I agree partially, it’s true what you say but a balance must be found to not ship too-buggy software that scares away your clients or possible future client (in demo versions, for example).

In resume, shipping too late is bad and shipping too early is also bad.

When a user informs me about a bona fide error they’ve experienced with my software, I am deeply embarrassed. And more than a little ashamed

Actually, I think this is possibly the most powerful statement in the whole article. Regardless of technical procedures used, if more people actually felt this way, they would probably do a better job. I work with a lot of people who have no pride in their work, and fixing bugs is just something they take in stride. They feel nothing about the existence of the bug in the first place, and do nothing to try to eliminate them unless someone complains.

100% agree that this is very important - I also try to fix exception handling first - but crashes!=errors.

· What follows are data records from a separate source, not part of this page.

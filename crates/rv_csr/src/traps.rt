//! Entering a trap and returning from it (Privileged ISA, 3.1.6.1 and 3.3.2 Trap-Return
//! Instructions).
ghost use Rattle.std.specs.Prelude.{◌≡◌, ◌+◌, ◌^◌, ◌⊎◌};
ghost use Rattle.rv_csr.specs.Traps.{trapped, base, interrupt_pc, returned};

use crate::bits::has_bit;
use crate::csrs::Csrs;
use crate::mode::Mode;

// The bits of mepc and of the base in mtvec: addresses of instructions are multiples of 4.
const ALIGNED: u32 = 0xffff_fffc;

// The bit of mtvec that gives each interrupt a place of its own.
const VECTORED: u32 = 0;

// The bit of mcause that tells an interrupt from a trap.
const INTERRUPT: u32 = 0x8000_0000;

impl Csrs {
    /// Enters a trap of the instruction at `pc`, and answers where the trap goes.
    pub fn enter_trap(&mut self, mode: Mode, pc: u32, cause: u32, value: u32) -> u32
        ensures registers { self.new ≡ trapped self.old mode pc cause value }
        ensures pc { result ≡ base self.old }
    {
        self.status.mpie = self.status.mie;
        self.status.mpp = mode;
        self.status.mie = false;
        self.mepc = pc & ALIGNED;
        self.mcause = cause;
        self.mtval = value;
        self.mtvec & ALIGNED
    }

    /// Enters an interrupt before the instruction at `pc`, and answers where it goes.
    pub fn enter_interrupt(&mut self, mode: Mode, pc: u32, which: u32) -> u32
        requires { (which ≡ 3) ⊎ (which ≡ 7) ⊎ (which ≡ 11) }
        ensures registers { self.new ≡ trapped self.old mode pc (2 ^ 31 + which) 0 }
        ensures pc { result ≡ interrupt_pc self.old which }
    {
        let vectored = has_bit(self.mtvec, VECTORED);
        let base = self.enter_trap(mode, pc, INTERRUPT + which, 0);
        if vectored {
            base.wrapping_add(4 * which)
        } else {
            base
        }
    }

    /// Returns from a trap: where to, and the mode there.
    pub fn mret(&mut self) -> (u32, Mode)
        ensures registers { self.new ≡ returned self.old }
        ensures pc { result.0 ≡ self.old.mepc }
        ensures mode { result.1 ≡ self.old.status.mpp }
    {
        let mode = self.status.mpp;
        self.status.mie = self.status.mpie;
        self.status.mpie = true;
        self.status.mpp = Mode::U;
        self.status.mprv = match mode {
            Mode::M => self.status.mprv,
            Mode::U => false,
        };
        (self.mepc, mode)
    }
}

Perhaps a feature is too broken to work at all, or your parser rejects uncommon but valid input, or your application got slower, or its screens no longer match the help pictures - none of these generate exceptions.

Don’t only log exceptions, log all types of errors and quite a lot of other information too, and regularly spend a few minutes sitting with users.

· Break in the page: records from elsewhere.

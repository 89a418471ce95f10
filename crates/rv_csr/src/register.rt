//! The numbers of the control registers (Privileged ISA, 2.2 CSR Listing).
ghost use Rattle.std.specs.Prelude.{◌≡◌};
ghost use Rattle.rv_csr.specs.Table.{table, at_number};

/// A register that has a number. The four that name vendor, architecture, implementation and hart
/// are one here.
#[derive(Clone, Copy, PartialEq, Eq, Debug)]
pub enum Register {
    Mstatus,
    Misa,
    Mie,
    Mtvec,
    Mcounteren,
    Mscratch,
    Mepc,
    Mcause,
    Mtval,
    Mip,
    Mcycle,
    Mcycleh,
    Minstret,
    Minstreth,
    Cycle,
    Cycleh,
    Time,
    Timeh,
    Instret,
    Instreth,
    Identity,
}

impl Register {
    /// The register with this number.
    pub fn numbered(number: u16) -> Option<Register>
        ensures { result ≡ at_number table number }
    {
        Some(match number {
            0x300 => Register::Mstatus,
            0x301 => Register::Misa,
            0x304 => Register::Mie,
            0x305 => Register::Mtvec,
            0x306 => Register::Mcounteren,
            0x340 => Register::Mscratch,
            0x341 => Register::Mepc,
            0x342 => Register::Mcause,
            0x343 => Register::Mtval,
            0x344 => Register::Mip,
            0xb00 => Register::Mcycle,
            0xb80 => Register::Mcycleh,
            0xb02 => Register::Minstret,
            0xb82 => Register::Minstreth,
            0xc00 => Register::Cycle,
            0xc80 => Register::Cycleh,
            0xc01 => Register::Time,
            0xc81 => Register::Timeh,
            0xc02 => Register::Instret,
            0xc82 => Register::Instreth,
            0xf11..=0xf14 => Register::Identity,
            _ => return None,
        })
    }
}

I hate to pile on, but Jeff, you counter-TDD example is bogus.

If you find a bug with your test that a user would never encounter then why does that code even exist?

To me, TDD enforces the contract that the production code has with its clients. There’s a school of thought that says the test code should be written before the production code. You’re done when the production code satisfies the test.

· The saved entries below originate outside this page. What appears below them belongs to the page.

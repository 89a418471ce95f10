//! The register mstatus.
ghost use Rattle.std.specs.Prelude.{◌≡◌};
ghost use Rattle.rv_csr.specs.Control.{status_word};
ghost use Rattle.rv_csr.specs.Fields.{shown_status};
ghost use Rattle.rv_csr.specs.Table.{status_of};

use crate::bits::{bit_if, has_bit};
use crate::mode::Mode;

// The places of the fields.
const MIE: u32 = 3;

const MPIE: u32 = 7;

const MPP: u32 = 11;

const MPRV: u32 = 17;

const TW: u32 = 21;

/// The fields of mstatus.
#[derive(Clone, Copy, PartialEq, Eq, Debug)]
pub struct Status {
    pub mie: bool,
    pub mpie: bool,
    pub mpp: Mode,
    pub mprv: bool,
    pub tw: bool,
}

impl Status {
    /// The fields at their places, and 0 elsewhere.
    pub fn word(&self) -> u32
        ensures { result ≡ status_word (shown_status self.now) }
    {
        let mpp = match self.mpp {
            Mode::U => 0,
            Mode::M => 3 << MPP,
        };
        bit_if(self.mie, MIE)
            | bit_if(self.mpie, MPIE)
            | mpp
            | bit_if(self.mprv, MPRV)
            | bit_if(self.tw, TW)
    }

    /// The fields of a word that is written. A mode that isn't there keeps the old one.
    pub fn write(&mut self, word: u32)
        ensures { shown_status self.new ≡ status_of word (shown_status self.old) }
    {
        self.mie = has_bit(word, MIE);
        self.mpie = has_bit(word, MPIE);
        match word >> MPP & 3 {
            0 => self.mpp = Mode::U,
            3 => self.mpp = Mode::M,
            _ => {}
        }
        self.mprv = has_bit(word, MPRV);
        self.tw = has_bit(word, TW);
    }
}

I do this a lot with Paint.NET. Most of my 0.01 minor updates are pushed out solely to fix bugs that were identified from the stream of crash logs that were e-mailed to me. Occasionally I’m able to implement a conservative fix for a bug that I can’t even repro myself. For example, I compile without Check for underflow/overflow enabled for major performance reasons. Some people have software that installs mouse or keyboard or other hooks, and these start executing in my process and flip the x87 floating point exception handling bits and then don’t un-flip them. This causes my code to throw overflow exceptions when it shouldn’t be (or rather, it happens in code that I’ve written and tested and determined that even if it does overflow it’s ok – certain types of pixel manipulation code, for instance). So, based on exception logs that identify a few hots spots, I can put in a try {…} catch (OverflowException) { provide default value of zero or whatever }. It’s then reasonably proven that the crash is fixed because I stop getting logs with that callstack and exception type.

Wrong wrong wrong!

EDD rebuttal: 1. if u have no beta users, if your SW is 2 buggy no one would keep using 2. EDD encourages behavior such as Run-It-And-See-If-It-Crashes…

@Jeff Atwood
I enjoyed the article, although I get the feeling you don’t have a good grasp on test driven development based on your following statement:
Although I remain a fan of test driven development, the speculative nature of the time investment is one problem I’ve always had with it. If you fix a bug that no actual user will ever encounter, what have you actually fixed?
This completely misses the whole point of Test Driven Development. I think you would benefit reading the article Test-Driven Development Isn’t Testing by Jeff Patton
(http://www.stickyminds.com/sitewide.asp?Function=edetailObjectType=COLObjectId=8497)

And constantly being annoyed by emails is a great incentive to fix bugs quickly.
Or just ignore them all.

I prefer to not write bugs to begin with.

@Bill

Good luck with that.

To the people that said …why does that code even exist?, I think the correct question is why does that test exist? Presumably the code does something useful but the test scenario can’t happen in real life and that’s how I understood the comment about TDD being speculative.

Being an embedded systems guy I can only envy web developers who can rush something out and let users do the testing. To a much lesser degree we do that too but it results in devices being shipped back to us and lot’s of warranty cost.